Register actions to run when the supervisor starts or stops:

config/initializers/ductwork.rb
Ductwork.on_supervisor_start do
Rails.logger.info "Ductwork supervisor starting"
# Initialize monitoring, notify deployment tracking, etc.
end
Ductwork.on_supervisor_stop do
Rails.logger.info "Ductwork supervisor shutting down"
# Flush metrics, notify monitoring systems, etc.
end

These hooks run once per supervisor lifecycle—at the very beginning of startup and the very end of shutdown.
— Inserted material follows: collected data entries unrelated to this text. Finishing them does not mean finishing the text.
/// Whether a copy of observers has the same, and makes a reply with the number of `Safe`.
fn is_shared(alloc: Global, observers: &RingObservers) -> Result<bool, AllocError> {
    let copy = observers.try_copy(alloc)?;
    Ok(copy.as_slice() == observers.as_slice() && Reply::Safe(ConfigId::zero(), copy).code() == 1)
}

/// Whether observers of one ring are shared.
fn are_shared(alloc: Global) -> Result<bool, AllocError> {
    let observers = RingObservers::new(Vec::from_array(alloc, [process(4)])?)?;
    is_shared(alloc, &observers)
}

#[test]
fn observers_are_shared(rt: HostRuntime) {
    assert!(rt; matches!(are_shared(rt.alloc()), Ok(true)));
}
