//! Blocks in batches on planes, under stored round keys. A batch has eight blocks, or sixteen on
//! words of 256 bits.

ghost use Rattle.aes_planes.specs.Each.{Each};
ghost use Rattle.aes_planes.specs.Fips197 as fips;
ghost use Rattle.aes_soft.specs.Stored as soft;
ghost use Rattle.aes_permute.specs.Keys.{key_of_lanes, IsCipherSchedule};

use crate::plane_keys::PlaneKeys;
use aes_cipher::zeroize::wipe_stack;
use aes_planes::soft::sbox::Layers;
use aes_planes::soft::word::{Batch, Block, Word};
use aes_soft::soft::PlaneCipher;
use aes_soft::soft::blocks::{process_batches_under, process_filled_up};

// The most bytes of stack of the work on batches, on the widest words.
const BATCHES_STACK: usize = 1792;

// Processes each block on words of round keys: whole batches, and then the blocks after them. This
// is a call of its own, so that its stack can be wiped.
#[inline(never)]
fn process_batches_and_rest<D: PlaneCipher, W: Word>(words: &[W], blocks: &mut [Block])
    requires is_schedule { soft.IsFullSchedule W.bits W.BLOCKS words.now }
    ensures { Each (D.processed (fips.key_expansion (soft.key_of_planes W.bits W.BLOCKS words.now)))
        blocks.old blocks.new }
{
    let whole = blocks.len() - blocks.len() % W::Blocks::LEN;
    process_batches_under::<W, D>(words, &mut blocks[..whole], &mut Layers::new());
    if whole < blocks.len() {
        process_filled_up::<D, W>(words, &mut blocks[whole..]);
    }
}

/// Processes each block in place on planes. The planes, and the stack that the work used, are wiped
/// before the call returns. Not inlined, so that few blocks need no large stack frame.
#[inline(never)]
pub(crate) fn process_on_planes<D: PlaneCipher, W: Word>(keys: &[Block], blocks: &mut [Block])
    requires keyed { IsCipherSchedule keys.now }
    ensures { Each (D.processed (fips.key_expansion (key_of_lanes keys.now)))
        blocks.old blocks.new }
{
    let mut planes = PlaneKeys::<W>::zeroed();
    planes.store(keys);
    process_batches_and_rest::<D, W>(planes.lend(keys.len()), blocks);
    planes.wipe();
    wipe_stack::<BATCHES_STACK>();
}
Use them for initialization, cleanup, or integration with external systems.

See Lifecycle Hooks for all available hooks.

Track supervisor health and behavior by monitoring:

  • Supervisor uptime
  • Number of child process restarts
  • Child process spawn rate
  • Failed startup attempts
  • Supervisor CPU and memory usage
  • Total memory across all child processes
  • Open file descriptors
  • Database connection count
  • Time since last heartbeat from each child
  • Heartbeat check frequency
  • Missed heartbeat count
  • Time to complete graceful shutdown
  • Number of processes killed after timeout
  • Shutdown success rate

You can run multiple bin/ductwork instances to isolate pipelines or scale horizontally:

Terminal window
# Critical pipelines with dedicated resources
bin/ductwork -c config/ductwork.critical.yml
# Background pipelines on separate instance
bin/ductwork -c config/ductwork.background.yml
config/ductwork.critical.yml
production:
pipelines:
- ProcessPaymentsPipeline
- SendNotificationsPipeline
job_worker:
worker_count: 20
# config/ductwork.background.yml
production:
pipelines:
- GenerateReportsPipeline
- CleanupDataPipeline
job_worker:
worker_count: 5

Run separate supervisors on different servers for horizontal scaling:

Terminal window
# Server 1 - Handle user-facing pipelines
bin/ductwork -c config/ductwork.user_facing.yml
# Server 2 - Handle batch processing pipelines
bin/ductwork -c config/ductwork.batch.yml

Benefits:

  • Fault isolation (one failing pipeline doesn’t affect others)
  • Resource allocation (dedicate CPU/memory to specific pipelines)
  • Independent scaling (scale critical pipelines without scaling everything)
  • Deployment flexibility (deploy changes to specific pipeline groups)

Considerations:

  • More operational complexity
  • Higher total resource usage (overhead per supervisor)
  • Need coordination for monitoring across instances

Integrate Ductwork with your process manager:

/etc/systemd/system/ductwork.service
[Unit]
Description=Ductwork Pipeline Supervisor
After=network.target postgresql.service
[Service]
Type=simple
User=deploy
WorkingDirectory=/var/www/myapp
ExecStart=/var/www/myapp/bin/ductwork -c config/ductwork.yml
Restart=always
RestartSec=10
[Install]
WantedBy=multi-user.target
# Dockerfile
CMD ["bin/ductwork", "-c", "config/ductwork.production.yml"]
deployment.yaml
apiVersion: apps/v1
kind: Deployment
metadata:
name: ductwork
spec:
replicas: 2
template:
spec:
containers:
- name: ductwork
image: myapp:latest
command: ["bin/ductwork"]
args: ["-c", "config/ductwork.yml"]

The supervisor’s resilient design makes it suitable for containerized environments and orchestration platforms.